On the exclusion question, both insurance policies excluded coverage of an insured for any “intentional or criminal acts” that produced bodily injury or property damage. The court found that, for the exclusion to apply, any intentional act had to be combined with intent to injure. Without the intent to injure the harm would be “accidental or unforeseen”. The conviction for criminal negligence was not a “criminal act” caught by the exclusion clause. As R did not intend to injure his friend, the exclusion did not apply. The insurer’s counsel attempted to argue that R’s marijuana cultivation and breaking into his father’s home were both intentional criminal offences, but the court found that the criminal behaviour did not cause harm to the friend and was, therefore, irrelevant. The court found that R was not excluded under either policy on this ground.
It is of note that Section 118 of the Insurance Act states that:
“Unless the contract otherwise provides, a contravention of any criminal or other law enforcement in Ontario or elsewhere does not, by that fact alone, render unenforceable a claim for indemnity under a contract of insurance except where the contravention is committed by the insured or by another person with the consent of the insured with the intent to bring about loss or damage…. ” (emphasis added)
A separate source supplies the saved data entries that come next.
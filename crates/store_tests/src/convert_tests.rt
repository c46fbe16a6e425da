//! Archives that are converted to SHA-256 ids on disks in memory, against those that were made so.
use crate::form_tests::{fill, has_entries, reads_first, settings};
use crate::making_tests::{Length, ROOT, have_lengths};
use crate::opening_tests::{Change, ENOUGH, Listing, listed, open_stopped};
use arch_base::Form;
use disk_model::{Disk, FileKind, FileName, FuseDisk, MemDisk};
use epoch_store::{ConvertRefusal, InitRefusal, Store};
use fixtures::empty_disk;
use std::alloc::Global;
use std::process::Abort;
use std::test::Fail;

/// The generation of the files after a conversion as the fifth call.
const ANEW: u64 = 5;

/// The files of two messages and a removal then: a root, two records of 40 bytes, and three entries.
static FILES: [Length; 3] = [
    Length {
        file: ROOT,
        length: 4096,
    },
    Length {
        file: FileName {
            kind: FileKind::Map,
            number: 0,
            generation: ANEW,
        },
        length: 80,
    },
    Length {
        file: FileName {
            kind: FileKind::Epoch,
            number: 0,
            generation: ANEW,
        },
        length: 1184,
    },
];

/// Converts an archive of two messages and a removal. Returns its disk if it has the entries that git
/// names, in these files and no other, or `None`.
fn converted(alloc: Global) -> Result<Option<MemDisk>, Fail> {
    let mut disk = empty_disk(alloc);
    let mut store = fill(alloc, &mut disk, Form::Sha1)?;
    store.convert(alloc, &mut disk)?;
    let files = have_lengths(&mut disk, &FILES)? && disk.name_at(3)?.is_none();
    Ok((files && has_entries(&store)).then_some(disk))
}

#[test]
fn a_converted_archive_has_the_entries_that_git_names(rt: HostRuntime) -> Result<(), Fail> {
    let mut disk = converted(rt.alloc())?.ok_or("not converted")?;
    assert!(rt; reads_first(&rt, rt.alloc(), &mut disk)?);
    Ok(())
}

/// Returns the result of converting an archive with these settings and without entries.
fn converts(
    alloc: Global,
    form: Form,
    mirror: bool,
) -> Result<Result<(), ConvertRefusal>, InitRefusal> {
    let mut disk = empty_disk(alloc);
    let Some(config) = settings(form, mirror) else {
        return Err(InitRefusal::NoMemory);
    };
    let mut store = Store::init(alloc, &mut disk, &config)?;
    Ok(store.convert(alloc, &mut disk))
}

#[test]
fn mirrors_and_converted_archives_are_refused(rt: HostRuntime) -> Result<(), Fail> {
    let alloc = rt.alloc();
    assert!(rt; converts(alloc, Form::Sha1, false)? == Ok(()));
    assert!(rt; converts(alloc, Form::Sha256, false)? == Err(ConvertRefusal::Already));
    assert!(rt; converts(alloc, Form::Sha1, true)? == Err(ConvertRefusal::IsMirror));
    assert!(rt; converts(alloc, Form::Sha256, true)? == Err(ConvertRefusal::IsMirror));
    Ok(())
}

/// Returns what an archive of a form has after two messages and a removal.
fn listed_in(alloc: Global, form: Form) -> Result<Listing, Fail> {
    let mut disk = empty_disk(alloc);
    let store = fill(alloc, &mut disk, form)?;
    Ok(listed(alloc, &store)?)
}

/// A disk after a conversion that was stopped: how many changes it had before, and the answer.
#[derive(Drop)]
struct Stopped {
    disk: MemDisk,
    start: u64,
    answer: Result<(), ConvertRefusal>,
}

/// Stops a conversion after this many calls of the disk.
fn stop(alloc: Global, passes: u64) -> Result<Stopped, Fail> {
    let mut disk = empty_disk(alloc);
    let mut store = fill(alloc, &mut disk, Form::Sha1)?;
    let start = disk.moments();
    let mut fuse = FuseDisk::new(disk, passes);
    let answer = store.convert(alloc, &mut fuse);
    Ok(Stopped {
        disk: fuse.into_inner(),
        start,
        answer,
    })
}

/// Stops a conversion after this many calls of the disk, and opens what is left. Returns whether there
/// was no stop.
fn stop_after(
    rt: &impl Abort,
    alloc: Global,
    passes: u64,
    change: &mut Change,
) -> Result<bool, Fail> {
    let stopped = stop(alloc, passes)?;
    let done = stopped.answer.is_ok();
    assert!(rt; done || stopped.answer == Err(ConvertRefusal::DiskFault));
    open_stopped(rt, alloc, &stopped.disk, stopped.start, change, done)?;
    Ok(done)
}

#[test]
fn a_stop_leaves_the_old_form_or_the_new_one(rt: HostRuntime) -> Result<(), Fail> {
    let alloc = rt.alloc();
    let mut change = Change::of(
        listed_in(alloc, Form::Sha1)?,
        listed_in(alloc, Form::Sha256)?,
    );
    for passes in 0..ENOUGH {
        if stop_after(&rt, alloc, passes, &mut change)? {
            assert!(rt; change.found_both() && passes > 0);
            return Ok(());
        }
    }
    Ok(assert!(rt; false, "no run without a stop"))
}
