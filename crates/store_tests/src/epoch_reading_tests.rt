//! Epochs that are read whole, by disks in memory.
use crate::making_tests::fill;
use arch_base::{Bytes, NoMemory};
use arch_model::TextRefusal;
use archive_fixtures::{is_epoch_of, two_in_memory};
use disk_model::Disk;
use epoch_store::Store;
use fixtures::{empty_disk, failing};
use mem_archive::MemArchive;
use std::alloc::Global;
use std::process::Abort;
use std::test::Fail;

/// Returns whether an epoch has an entry, and its bytes after another byte, as the archive on a
/// disk has it.
fn on_disk<D: Disk>(
    alloc: Global,
    disk: &mut D,
    store: &Store,
    number: u32,
) -> Result<(bool, Bytes), TextRefusal> {
    let mut bytes = Bytes::new(alloc);
    bytes.push(b'>')?;
    let found = store.epoch(disk, number, &mut bytes)?;
    Ok((found, bytes))
}

/// Returns whether an epoch is read as the archive in memory has it: the first two have 316 bytes
/// each, and no other is there.
fn is_read_alike<D: Disk>(
    alloc: Global,
    disk: &mut D,
    store: &Store,
    archive: &MemArchive,
    number: u32,
) -> Result<bool, TextRefusal> {
    let (found, bytes) = on_disk(alloc, disk, store, number)?;
    let size = if found { 317 } else { 1 };
    let sized = found == (number < 2) && bytes.as_slice().len() == size;
    let alike = is_epoch_of(alloc, archive, number, found, bytes.as_slice())?;
    Ok(sized && alike)
}

/// Returns whether each epoch is read as the archive in memory has it.
fn are_read_alike<D: Disk>(
    alloc: Global,
    disk: &mut D,
    store: &Store,
) -> Result<bool, TextRefusal> {
    let Some(archive) = two_in_memory(alloc, 1) else {
        return Ok(false);
    };
    for number in 0..65 {
        if !is_read_alike(alloc, disk, store, &archive, number)? {
            return Ok(false);
        }
    }
    Ok(true)
}

/// Fills an archive of which each epoch has one message, and returns whether its epochs are read as
/// the archive in memory has them.
fn fill_and_read<D: Disk>(alloc: Global, disk: &mut D) -> Result<bool, Fail> {
    let store = fill(alloc, disk, 1)?;
    let alike = are_read_alike(alloc, disk, &store)?;
    Ok(alike && store.sequence() == 3)
}

#[test]
fn an_epoch_is_read_as_memory_has_it(rt: HostRuntime) -> Result<(), Fail> {
    let mut disk = empty_disk(rt.alloc());
    assert!(rt; fill_and_read(rt.alloc(), &mut disk)?);
    Ok(())
}

/// Appends the second epoch to another byte, and returns whether the disk failed, which leaves the
/// bytes unchanged.
fn read_fails<D: Disk>(
    rt: &impl Abort,
    alloc: Global,
    disk: &mut D,
    store: &Store,
) -> Result<bool, NoMemory> {
    let mut bytes = Bytes::new(alloc);
    bytes.push(b'>')?;
    match store.epoch(disk, 1, &mut bytes) {
        Ok(found) => {
            assert!(rt; found && bytes.as_slice().len() == 317);
            Ok(false)
        }
        Err(refusal) => {
            assert!(rt; refusal == TextRefusal::DiskFault && bytes.as_slice() == b">".as_slice());
            Ok(true)
        }
    }
}

/// Makes and fills an archive where one call of the disk fails, and returns whether that call read
/// the second epoch.
fn fails_at(rt: &impl Abort, alloc: Global, ordinal: u64) -> Result<bool, NoMemory> {
    let mut disk = failing(alloc, &[ordinal])?;
    match fill(alloc, &mut disk, 1) {
        Ok(store) => read_fails(rt, alloc, &mut disk, &store),
        Err(_) => Ok(false),
    }
}

#[test]
fn a_fault_at_the_read_of_an_epoch_leaves_the_bytes(rt: HostRuntime) -> Result<(), Fail> {
    let mut failed = false;
    for ordinal in 1..40 {
        if fails_at(&rt, rt.alloc(), ordinal)? {
            assert!(rt; !failed);
            failed = true;
        }
    }
    assert!(rt; failed);
    Ok(())
}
The court found that the original trial decision did not find that R intended to harm the friend, R had not been charged with assault and that, in a S. 132 action, the insurer could not retry the facts. The wording of the policy did not take this case out of S. 118.
This decision is interesting as the court went to great lengths to examine the reality of modern life and blended families and different “households” for the purposes of defining the scope of who is an “insured”.
More importantly though, the decision underscores the need to revisit policy wordings regarding exclusions. The court, at page 134, specifically indicated that proper drafting of the insurance policy to cover any criminal act would have effectively avoided this result.